Instructions to follow: Nothing but the lines below between the line holding "let mut trees" and the line holding "if cell.label == label", inclusive, should appear in the answer, each set down exactly.

··········

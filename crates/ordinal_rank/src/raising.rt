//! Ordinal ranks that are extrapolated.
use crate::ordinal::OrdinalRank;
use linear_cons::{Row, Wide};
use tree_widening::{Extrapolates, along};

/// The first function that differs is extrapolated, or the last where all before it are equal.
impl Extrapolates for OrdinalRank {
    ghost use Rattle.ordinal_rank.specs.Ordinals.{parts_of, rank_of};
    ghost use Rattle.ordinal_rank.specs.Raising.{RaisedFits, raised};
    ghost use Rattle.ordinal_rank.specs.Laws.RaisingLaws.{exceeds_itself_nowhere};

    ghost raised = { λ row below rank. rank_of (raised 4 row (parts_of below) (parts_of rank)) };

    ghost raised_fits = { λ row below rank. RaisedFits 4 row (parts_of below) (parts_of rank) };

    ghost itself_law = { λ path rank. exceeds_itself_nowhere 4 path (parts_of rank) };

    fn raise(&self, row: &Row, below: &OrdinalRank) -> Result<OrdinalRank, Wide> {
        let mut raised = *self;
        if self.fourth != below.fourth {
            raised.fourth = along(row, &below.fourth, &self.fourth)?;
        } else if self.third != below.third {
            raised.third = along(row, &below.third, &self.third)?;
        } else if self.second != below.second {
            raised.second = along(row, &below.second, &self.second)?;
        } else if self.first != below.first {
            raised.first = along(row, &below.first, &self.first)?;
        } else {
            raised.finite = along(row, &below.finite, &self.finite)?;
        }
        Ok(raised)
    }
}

··········

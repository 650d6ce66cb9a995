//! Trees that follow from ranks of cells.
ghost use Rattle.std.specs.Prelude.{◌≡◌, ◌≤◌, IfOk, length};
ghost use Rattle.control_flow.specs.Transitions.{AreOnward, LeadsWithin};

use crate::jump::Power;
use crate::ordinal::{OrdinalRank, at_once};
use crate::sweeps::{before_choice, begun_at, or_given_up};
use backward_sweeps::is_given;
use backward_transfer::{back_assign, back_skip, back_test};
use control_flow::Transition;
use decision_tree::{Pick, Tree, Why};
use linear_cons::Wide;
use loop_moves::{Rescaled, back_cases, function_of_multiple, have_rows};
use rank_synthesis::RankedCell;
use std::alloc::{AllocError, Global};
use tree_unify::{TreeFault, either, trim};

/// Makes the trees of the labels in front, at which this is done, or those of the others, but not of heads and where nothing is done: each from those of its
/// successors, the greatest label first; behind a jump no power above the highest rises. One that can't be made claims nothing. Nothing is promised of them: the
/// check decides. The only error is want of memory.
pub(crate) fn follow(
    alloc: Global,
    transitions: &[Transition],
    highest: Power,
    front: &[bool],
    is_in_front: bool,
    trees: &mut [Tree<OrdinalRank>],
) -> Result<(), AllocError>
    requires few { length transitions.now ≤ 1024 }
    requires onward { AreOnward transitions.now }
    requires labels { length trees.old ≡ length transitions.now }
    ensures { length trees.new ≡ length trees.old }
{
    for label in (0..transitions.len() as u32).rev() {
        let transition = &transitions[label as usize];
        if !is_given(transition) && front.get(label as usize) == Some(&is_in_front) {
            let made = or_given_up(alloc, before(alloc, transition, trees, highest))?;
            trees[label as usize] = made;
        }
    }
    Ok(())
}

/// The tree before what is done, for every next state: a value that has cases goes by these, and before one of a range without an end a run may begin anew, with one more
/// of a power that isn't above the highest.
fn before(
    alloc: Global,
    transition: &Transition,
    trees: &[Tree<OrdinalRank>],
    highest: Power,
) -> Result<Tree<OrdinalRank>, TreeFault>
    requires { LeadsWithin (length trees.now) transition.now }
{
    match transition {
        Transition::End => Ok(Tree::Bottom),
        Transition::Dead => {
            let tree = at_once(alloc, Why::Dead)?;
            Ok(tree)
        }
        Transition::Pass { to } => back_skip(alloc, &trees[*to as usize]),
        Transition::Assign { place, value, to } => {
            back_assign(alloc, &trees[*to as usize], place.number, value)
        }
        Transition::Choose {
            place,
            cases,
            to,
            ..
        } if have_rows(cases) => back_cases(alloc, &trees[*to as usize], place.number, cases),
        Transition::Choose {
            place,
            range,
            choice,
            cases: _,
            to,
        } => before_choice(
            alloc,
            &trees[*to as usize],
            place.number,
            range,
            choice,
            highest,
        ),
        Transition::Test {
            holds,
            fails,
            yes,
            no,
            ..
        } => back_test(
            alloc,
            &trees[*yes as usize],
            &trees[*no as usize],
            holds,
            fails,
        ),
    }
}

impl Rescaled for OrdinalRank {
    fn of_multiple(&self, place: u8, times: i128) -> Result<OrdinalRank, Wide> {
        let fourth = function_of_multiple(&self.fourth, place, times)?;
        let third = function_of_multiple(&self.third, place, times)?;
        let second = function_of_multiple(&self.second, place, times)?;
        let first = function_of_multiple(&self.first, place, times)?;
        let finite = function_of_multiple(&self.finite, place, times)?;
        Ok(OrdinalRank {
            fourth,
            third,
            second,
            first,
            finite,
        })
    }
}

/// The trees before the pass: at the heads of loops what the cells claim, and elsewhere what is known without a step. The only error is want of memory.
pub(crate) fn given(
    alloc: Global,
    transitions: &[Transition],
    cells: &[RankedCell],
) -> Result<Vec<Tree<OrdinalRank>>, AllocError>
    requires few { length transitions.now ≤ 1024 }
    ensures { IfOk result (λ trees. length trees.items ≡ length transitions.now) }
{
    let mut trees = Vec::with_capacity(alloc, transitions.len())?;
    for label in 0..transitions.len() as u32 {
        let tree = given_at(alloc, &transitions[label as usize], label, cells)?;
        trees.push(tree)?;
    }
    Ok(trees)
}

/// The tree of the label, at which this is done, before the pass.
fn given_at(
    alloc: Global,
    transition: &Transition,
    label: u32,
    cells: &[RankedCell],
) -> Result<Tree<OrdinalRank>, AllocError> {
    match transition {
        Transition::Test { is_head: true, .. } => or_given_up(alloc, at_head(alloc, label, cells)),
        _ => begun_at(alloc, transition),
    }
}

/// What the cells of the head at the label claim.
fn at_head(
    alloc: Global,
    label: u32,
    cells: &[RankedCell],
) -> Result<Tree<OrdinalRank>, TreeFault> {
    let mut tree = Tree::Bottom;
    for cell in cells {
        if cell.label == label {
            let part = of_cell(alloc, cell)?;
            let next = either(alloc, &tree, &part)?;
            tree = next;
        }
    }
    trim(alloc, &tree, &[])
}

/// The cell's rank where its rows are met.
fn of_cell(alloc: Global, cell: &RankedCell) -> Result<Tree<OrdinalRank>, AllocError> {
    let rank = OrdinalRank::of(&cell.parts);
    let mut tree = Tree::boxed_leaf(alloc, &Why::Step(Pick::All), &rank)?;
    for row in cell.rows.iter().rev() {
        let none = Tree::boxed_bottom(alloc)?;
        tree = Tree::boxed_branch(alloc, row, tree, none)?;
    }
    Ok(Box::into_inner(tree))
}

··········

Exercise answer:
    let mut trees = Vec::with_capacity(alloc, transitions.len())?;
    for label in 0..transitions.len() as u32 {
        let tree = given_at(alloc, &transitions[label as usize], label, cells)?;
        trees.push(tree)?;
    }
    Ok(trees)
}

/// The tree of the label, at which this is done, before the pass.
fn given_at(
    alloc: Global,
    transition: &Transition,
    label: u32,
    cells: &[RankedCell],
) -> Result<Tree<OrdinalRank>, AllocError> {
    match transition {
        Transition::Test { is_head: true, .. } => or_given_up(alloc, at_head(alloc, label, cells)),
        _ => begun_at(alloc, transition),
    }
}

/// What the cells of the head at the label claim.
fn at_head(
    alloc: Global,
    label: u32,
    cells: &[RankedCell],
) -> Result<Tree<OrdinalRank>, TreeFault> {
    let mut tree = Tree::Bottom;
    for cell in cells {
        if cell.label == label {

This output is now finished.